“What?”
“Want a free student?”
“Dunno, dude, is she hot?”
“Steamin’!”
“Wow …”
“From runnin’ away from you!”
“Then what’re ya askin’ me fer, dude?!? As if you could do better. Not. What’re ya on about?”
“Just readin’ tha sign, dude.”
“What sign?”
“Tha one at tha top a tha page, dude.”
“WhOAH, dude! Talk ’bout disrespectin’. Pay four bucks fer vanilla an’ throw a student into tha deal? That’s harsh. Couldn’t they have done, like, puppies ‘r kittens instead?”
“They wouldn’t be free.”
“Why not?”
“Ya gotta feed ’em.”
“An’ tha students?”
“Ya work it right, they feed you!”
“Not if’n they cook like you do, dude …”
“Same as you, dude! B’sides, y’weren’t worried ’bout no cookin’ when ya thought I was offerin’ ya a hottie!”
“That’s different, dude, and you know it!”

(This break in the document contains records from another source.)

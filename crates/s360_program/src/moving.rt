//! Bytes between storage and a drive, as many at once as may pass (Principles of Operation, Input/Output Operations: 'Skipping',
//! 'Program Check', 'Protection Check').

ghost use Rattle.std.specs.Prelude.{IfSome, nat_lt, ◌≡◌, ◌+◌, true, false, length, slice_range, ◌||◌, ◌==◌, ℕ, ◌<◌, ◌≤◌, ◌^◌, IsTrue};
ghost use Rattle.s360_words.specs.declared.words.Ccw.{Ccw};
ghost use Rattle.s360_words.specs.Storage.{may_store};
ghost use Rattle.ckd_drive.specs.Work.{left_of, gives_now, takes_now, given_now, passed_of, moved_on};
ghost use Rattle.s360_storage.specs.Kept.{KeepsStorage};
ghost use Rattle.s360_program.specs.Steps.{Flows, HasFound, LiesWithin, MovesBytes, refused};

use crate::conditions::ChannelCondition;
use ckd_drive::{Drive, Look, Phase};
use ckd_image::ImageStore;
use ckd_track::COUNT_LENGTH;
use s360_storage::MainStorage;
use s360_words::Ccw;

/// Whether a drive gives the bytes of a command, or takes them, and how many are left.
#[derive(Clone, Copy)]
pub(crate) struct Flow {
    /// Whether it gives them.
    pub(crate) gives: bool,
    /// How many more may pass now.
    pub(crate) left: usize,
}

/// Bytes of a command that may move at once: under which word, from or to which address of storage on, and with which key.
#[derive(Clone, Copy)]
pub(crate) struct StorageArea {
    /// The protection key of the stores.
    pub(crate) key: u8,
    /// The word under which they move.
    pub(crate) ccw: Ccw,
    /// Where the first one stands in storage, or goes.
    pub(crate) address: u32,
    /// How many they are.
    pub(crate) count: u16,
}

/// How many bytes a count area has, for which a formatting write asks first.
pub(crate) const COUNT_AREA: u16 = COUNT_LENGTH as u16;

/// What a drive has or wants now. Where as many bytes have passed as a count area has, and nothing is left of the drive's last
/// look, another one reports: a formatting write wants more once the count area came. With any other number all have passed.
#[inline(always)]
pub(crate) fn flow_of<S: ImageStore>(drive: &mut Drive<S>) -> Flow
    requires { HasFound drive.old }
    ensures { Flows result drive.old drive.new }
{
    let (passed, left) = match drive.phase() {
        Phase::Gives { passed: _, left } => return Flow { gives: true, left },
        Phase::Takes { passed, left } => (passed, left),
        Phase::Idle | Phase::Over | Phase::Looking => unreachable!(),
    };
    if left > 0 || passed != usize::from(COUNT_AREA) {
        return Flow { gives: false, left };
    }
    let Look::Ready(left) = drive.look() else {
        unreachable!()
    };
    Flow { gives: false, left }
}

/// How many more bytes a drive gives that has found the area of its command, if it gives them.
#[inline(always)]
pub(crate) fn left_to_give<S: ImageStore>(drive: &Drive<S>) -> Option<usize>
    requires { HasFound drive.now }
    ensures { IfSome result (λ left. Flows (record { gives = true; left = left }) drive.now drive.now) }
{
    match drive.phase() {
        Phase::Gives { passed: _, left } => Some(left),
        Phase::Takes { passed: _, left: _ } => None,
        Phase::Idle | Phase::Over | Phase::Looking => unreachable!(),
    }
}

/// Whether a drive that has found the area of its command gives the bytes.
#[inline(always)]
pub(crate) fn gives<S: ImageStore>(drive: &Drive<S>) -> bool
    requires { HasFound drive.now }
    ensures { result ≡ gives_now drive.now.work }
{
    match drive.phase() {
        Phase::Gives { passed: _, left: _ } => true,
        Phase::Takes { passed: _, left: _ } => false,
        Phase::Idle | Phase::Over | Phase::Looking => unreachable!(),
    }
}

/// Moves as many bytes of a segment as may move at once, and at least one, or says why the first may not move.
#[inline(always)]
pub(crate) fn move_bytes<S: ImageStore, M: MainStorage>(
    gives: bool,
    segment: &StorageArea,
    storage: &mut M,
    drive: &mut Drive<S>,
) -> Result<u16, ChannelCondition>
    requires gives { gives ≡ gives_now drive.old.work }
    requires lies { LiesWithin segment.now drive.old }
    ensures moves { MovesBytes segment.now (M.holds storage.old) drive.old result (M.holds storage.new) drive.new }
    ensures storage { KeepsStorage (M.holds storage.old) (M.holds storage.new) }
    ensures place { M.place storage.new ≡ M.place storage.old }
    ensures image { drive.new.image ≡ drive.old.image }
{
    if gives {
        read(segment, storage, drive)
    } else {
        write(segment, storage, drive)
    }
}

// The drive takes bytes of storage, as they stand there.
#[inline(always)]
fn write<S: ImageStore, M: MainStorage>(
    segment: &StorageArea,
    storage: &M,
    drive: &mut Drive<S>,
) -> Result<u16, ChannelCondition>
    requires takes { takes_now drive.old.work ≡ true }
    requires lies { LiesWithin segment.now drive.old }
    ensures moves { MovesBytes segment.now (M.holds storage.now) drive.old result (M.holds storage.now) drive.new }
    ensures image { drive.new.image ≡ drive.old.image }
{
    let bytes = storage.bytes_from(segment.address, usize::from(segment.count));
    if bytes.is_empty() {
        return Err(ChannelCondition::ProgramCheck);
    }
    drive.take(bytes);
    Ok(bytes.len() as u16)
}

// The drive gives bytes, which go into storage, unless they are skipped.
#[inline(always)]
fn read<S: ImageStore, M: MainStorage>(
    segment: &StorageArea,
    storage: &mut M,
    drive: &mut Drive<S>,
) -> Result<u16, ChannelCondition>
    requires gives { gives_now drive.old.work ≡ true }
    requires lies { LiesWithin segment.now drive.old }
    ensures moves { MovesBytes segment.now (M.holds storage.old) drive.old result (M.holds storage.new) drive.new }
    ensures storage { KeepsStorage (M.holds storage.old) (M.holds storage.new) }
    ensures place { M.place storage.new ≡ M.place storage.old }
    ensures image { drive.new.image ≡ drive.old.image }
{
    if segment.ccw.skips() {
        drive.pass(usize::from(segment.count));
        return Ok(segment.count);
    }
    let given = &drive.next_bytes()[..usize::from(segment.count)];
    let n = storage.store(segment.address, given, segment.key);
    if n == 0 {
        return Err(refusal(storage, segment.address));
    }
    drive.pass(n);
    Ok(n as u16)
}

/// Whether so many bytes may be stored with this key from an address on.
// Key 0 by itself, which may store into every block: then no block's key is asked.
#[inline(always)]
pub(crate) fn admits_all<M: MainStorage>(storage: &M, address: u32, count: u16, key: u8) -> bool
    requires { key < 16 }
    ensures all { result ≡ true → (i : ℕ) → i < count → IsTrue (may_store (M.holds storage.now) key (address + i)) }
    ensures stops { result ≡ false → 0 < count → (i : ℕ) × (i < count) × (may_store (M.holds storage.now) key (address + i) ≡ false) }
{
    if key == 0 {
        return address as usize + usize::from(count) <= storage.size() as usize;
    }
    storage.storable(address, u32::from(count), key) == u32::from(count)
}

// Why no byte may be stored at an address: it is outside storage, or its block is protected.
fn refusal<M: MainStorage>(storage: &M, address: u32) -> ChannelCondition
    ensures { result ≡ refused (nat_lt address (length (M.holds storage.now).bytes)) }
{
    if address >= storage.size() {
        ChannelCondition::ProgramCheck
    } else {
        ChannelCondition::ProtectionCheck
    }
}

“An’ then ya wake up, dude. Ya know, we could be gettin’ this all wrong.”
“Yeah?”
“Them students could be free like, ya know, butterflies are free. Maybe that’s what they meant?”
“No, dude. Just no.”
“Why not?”
“Ya got any idea how much debt these peeps ‘r carryin’? They gonna be luggin’ that ball an’ chain ’til their grandkids ‘r old. If’n they can afford ta have any. They gonna be free like lead balloons, dude.”
“Dude.”
It is hard to soar with eagles when you’re uneducated, but an eagle in debt has to flap a lot harder than one who’s unencumbered.